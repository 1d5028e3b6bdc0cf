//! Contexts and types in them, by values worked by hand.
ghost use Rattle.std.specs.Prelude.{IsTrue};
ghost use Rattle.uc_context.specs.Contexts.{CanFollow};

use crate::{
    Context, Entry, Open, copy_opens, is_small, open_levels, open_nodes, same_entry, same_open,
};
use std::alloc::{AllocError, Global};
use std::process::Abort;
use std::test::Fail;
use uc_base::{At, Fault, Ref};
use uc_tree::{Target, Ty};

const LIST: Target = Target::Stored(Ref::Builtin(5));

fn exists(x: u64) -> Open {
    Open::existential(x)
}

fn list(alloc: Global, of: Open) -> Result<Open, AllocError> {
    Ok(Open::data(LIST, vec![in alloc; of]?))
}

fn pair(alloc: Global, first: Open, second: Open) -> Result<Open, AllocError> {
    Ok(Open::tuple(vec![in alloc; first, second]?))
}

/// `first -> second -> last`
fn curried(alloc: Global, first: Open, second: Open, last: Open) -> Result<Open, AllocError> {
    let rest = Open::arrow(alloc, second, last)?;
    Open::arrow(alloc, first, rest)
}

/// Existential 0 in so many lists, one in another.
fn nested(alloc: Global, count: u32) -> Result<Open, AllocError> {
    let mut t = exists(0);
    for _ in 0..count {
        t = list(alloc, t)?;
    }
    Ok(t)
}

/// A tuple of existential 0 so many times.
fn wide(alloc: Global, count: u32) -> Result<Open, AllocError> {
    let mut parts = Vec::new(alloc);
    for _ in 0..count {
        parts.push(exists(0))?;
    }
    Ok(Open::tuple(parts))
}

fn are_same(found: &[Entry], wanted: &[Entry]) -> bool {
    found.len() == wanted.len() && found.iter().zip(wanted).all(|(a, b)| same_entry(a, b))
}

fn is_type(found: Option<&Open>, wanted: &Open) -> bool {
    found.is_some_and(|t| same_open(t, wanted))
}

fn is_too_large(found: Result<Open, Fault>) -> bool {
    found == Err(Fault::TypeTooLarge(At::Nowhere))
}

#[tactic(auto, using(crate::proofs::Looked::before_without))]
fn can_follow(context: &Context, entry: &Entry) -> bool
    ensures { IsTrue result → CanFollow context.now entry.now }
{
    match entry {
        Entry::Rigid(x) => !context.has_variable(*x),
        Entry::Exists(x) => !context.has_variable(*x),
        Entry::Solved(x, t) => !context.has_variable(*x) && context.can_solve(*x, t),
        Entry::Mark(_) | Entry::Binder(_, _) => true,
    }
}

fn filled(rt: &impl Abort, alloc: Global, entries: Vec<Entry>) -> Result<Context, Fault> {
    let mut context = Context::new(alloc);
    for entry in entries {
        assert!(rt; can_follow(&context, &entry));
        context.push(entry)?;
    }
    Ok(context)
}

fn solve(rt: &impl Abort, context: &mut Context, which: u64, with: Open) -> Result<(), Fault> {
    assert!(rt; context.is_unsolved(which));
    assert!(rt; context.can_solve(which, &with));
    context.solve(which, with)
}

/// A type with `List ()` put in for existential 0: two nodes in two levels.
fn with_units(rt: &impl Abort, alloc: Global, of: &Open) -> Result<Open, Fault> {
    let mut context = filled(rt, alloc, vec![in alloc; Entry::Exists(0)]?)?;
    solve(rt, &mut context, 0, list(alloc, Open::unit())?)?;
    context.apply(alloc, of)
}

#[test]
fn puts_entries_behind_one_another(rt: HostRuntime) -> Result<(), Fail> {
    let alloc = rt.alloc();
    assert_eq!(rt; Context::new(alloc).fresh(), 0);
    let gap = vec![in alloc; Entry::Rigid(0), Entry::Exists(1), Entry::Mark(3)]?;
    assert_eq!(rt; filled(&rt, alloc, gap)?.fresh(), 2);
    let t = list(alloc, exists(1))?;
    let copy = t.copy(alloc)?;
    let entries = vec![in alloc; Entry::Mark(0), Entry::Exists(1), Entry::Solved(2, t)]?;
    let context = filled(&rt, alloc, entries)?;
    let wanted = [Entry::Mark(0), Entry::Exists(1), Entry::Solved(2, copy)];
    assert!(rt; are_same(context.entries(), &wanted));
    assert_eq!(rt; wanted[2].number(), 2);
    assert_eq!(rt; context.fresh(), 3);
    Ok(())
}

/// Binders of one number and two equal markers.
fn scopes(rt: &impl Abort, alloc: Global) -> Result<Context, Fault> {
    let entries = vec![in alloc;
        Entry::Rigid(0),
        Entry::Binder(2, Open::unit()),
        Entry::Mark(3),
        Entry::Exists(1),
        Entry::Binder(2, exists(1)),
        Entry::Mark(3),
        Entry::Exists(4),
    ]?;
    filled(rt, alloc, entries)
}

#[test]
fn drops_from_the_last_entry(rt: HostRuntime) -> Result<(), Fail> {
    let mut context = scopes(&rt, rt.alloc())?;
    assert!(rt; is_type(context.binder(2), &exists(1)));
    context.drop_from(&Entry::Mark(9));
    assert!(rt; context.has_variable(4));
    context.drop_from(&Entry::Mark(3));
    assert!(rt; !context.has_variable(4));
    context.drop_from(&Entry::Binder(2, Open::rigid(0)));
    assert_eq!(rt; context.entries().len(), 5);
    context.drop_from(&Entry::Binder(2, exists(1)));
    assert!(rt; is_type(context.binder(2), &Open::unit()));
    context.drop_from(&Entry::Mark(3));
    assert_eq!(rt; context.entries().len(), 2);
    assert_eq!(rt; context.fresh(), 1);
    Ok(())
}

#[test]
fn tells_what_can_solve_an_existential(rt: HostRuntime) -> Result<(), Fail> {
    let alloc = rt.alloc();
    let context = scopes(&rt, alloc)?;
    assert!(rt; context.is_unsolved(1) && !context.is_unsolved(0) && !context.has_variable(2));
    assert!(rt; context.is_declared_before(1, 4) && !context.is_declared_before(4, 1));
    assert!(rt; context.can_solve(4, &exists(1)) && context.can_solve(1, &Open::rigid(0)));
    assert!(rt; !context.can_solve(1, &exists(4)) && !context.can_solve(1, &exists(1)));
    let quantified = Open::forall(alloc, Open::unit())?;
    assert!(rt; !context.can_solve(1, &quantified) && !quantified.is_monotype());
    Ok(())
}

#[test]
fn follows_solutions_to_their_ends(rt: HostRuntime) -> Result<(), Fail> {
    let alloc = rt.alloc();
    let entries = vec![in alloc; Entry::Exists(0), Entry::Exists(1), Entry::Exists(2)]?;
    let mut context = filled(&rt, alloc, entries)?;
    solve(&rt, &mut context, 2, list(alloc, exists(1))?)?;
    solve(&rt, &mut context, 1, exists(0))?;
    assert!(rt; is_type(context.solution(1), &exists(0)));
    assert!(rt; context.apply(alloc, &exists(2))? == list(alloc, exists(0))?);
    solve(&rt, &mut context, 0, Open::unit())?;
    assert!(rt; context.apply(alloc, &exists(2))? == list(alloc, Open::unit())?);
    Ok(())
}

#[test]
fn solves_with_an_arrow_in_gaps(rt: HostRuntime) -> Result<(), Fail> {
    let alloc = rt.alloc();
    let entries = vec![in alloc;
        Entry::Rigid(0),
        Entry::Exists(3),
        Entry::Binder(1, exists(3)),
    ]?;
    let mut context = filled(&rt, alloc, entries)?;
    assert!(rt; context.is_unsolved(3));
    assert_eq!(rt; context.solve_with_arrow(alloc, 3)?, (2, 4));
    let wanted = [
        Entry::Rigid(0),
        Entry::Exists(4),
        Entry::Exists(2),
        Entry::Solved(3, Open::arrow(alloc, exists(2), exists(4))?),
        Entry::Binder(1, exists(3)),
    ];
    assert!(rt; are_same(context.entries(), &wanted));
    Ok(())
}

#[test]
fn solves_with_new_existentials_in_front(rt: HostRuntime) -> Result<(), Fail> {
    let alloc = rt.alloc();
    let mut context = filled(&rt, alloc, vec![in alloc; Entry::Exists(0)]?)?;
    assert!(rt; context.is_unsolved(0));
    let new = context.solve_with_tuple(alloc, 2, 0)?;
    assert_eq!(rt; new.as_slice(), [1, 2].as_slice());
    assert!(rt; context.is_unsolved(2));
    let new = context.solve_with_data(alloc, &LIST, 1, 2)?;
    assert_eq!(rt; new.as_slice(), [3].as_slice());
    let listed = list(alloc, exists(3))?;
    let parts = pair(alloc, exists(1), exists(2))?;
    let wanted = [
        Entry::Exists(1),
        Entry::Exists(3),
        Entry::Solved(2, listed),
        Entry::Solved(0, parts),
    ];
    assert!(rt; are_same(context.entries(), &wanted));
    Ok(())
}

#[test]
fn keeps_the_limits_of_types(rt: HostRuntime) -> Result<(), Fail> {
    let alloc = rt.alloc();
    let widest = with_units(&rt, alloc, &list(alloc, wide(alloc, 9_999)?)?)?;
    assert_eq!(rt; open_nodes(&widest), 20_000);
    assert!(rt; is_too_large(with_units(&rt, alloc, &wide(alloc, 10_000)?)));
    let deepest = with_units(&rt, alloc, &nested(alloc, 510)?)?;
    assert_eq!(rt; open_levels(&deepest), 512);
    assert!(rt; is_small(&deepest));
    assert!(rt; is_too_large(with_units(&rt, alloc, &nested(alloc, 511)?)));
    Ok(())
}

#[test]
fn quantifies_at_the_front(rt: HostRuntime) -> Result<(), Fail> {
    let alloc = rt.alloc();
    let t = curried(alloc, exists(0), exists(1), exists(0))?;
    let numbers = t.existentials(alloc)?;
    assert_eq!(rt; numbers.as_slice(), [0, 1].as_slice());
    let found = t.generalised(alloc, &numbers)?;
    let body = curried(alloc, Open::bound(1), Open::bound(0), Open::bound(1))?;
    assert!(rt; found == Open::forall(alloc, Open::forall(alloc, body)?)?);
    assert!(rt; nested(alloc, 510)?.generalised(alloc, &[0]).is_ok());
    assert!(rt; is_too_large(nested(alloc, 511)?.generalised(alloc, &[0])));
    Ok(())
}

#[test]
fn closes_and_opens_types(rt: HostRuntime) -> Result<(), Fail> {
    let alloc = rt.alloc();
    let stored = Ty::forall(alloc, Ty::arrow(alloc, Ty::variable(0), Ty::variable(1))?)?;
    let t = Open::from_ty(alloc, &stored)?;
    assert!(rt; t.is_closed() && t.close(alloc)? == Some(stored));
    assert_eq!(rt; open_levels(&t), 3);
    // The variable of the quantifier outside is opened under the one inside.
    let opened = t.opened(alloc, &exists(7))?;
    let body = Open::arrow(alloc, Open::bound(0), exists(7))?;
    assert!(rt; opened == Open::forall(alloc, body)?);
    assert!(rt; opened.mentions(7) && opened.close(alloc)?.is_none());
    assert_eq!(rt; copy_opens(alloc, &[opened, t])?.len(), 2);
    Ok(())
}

*Your assignment*: All lines with the word "CanFollow" are needed; pull them from the entries and copy each.

*Solved problem*:
ghost use Rattle.uc_context.specs.Contexts.{CanFollow};
    ensures { IsTrue result → CanFollow context.now entry.now }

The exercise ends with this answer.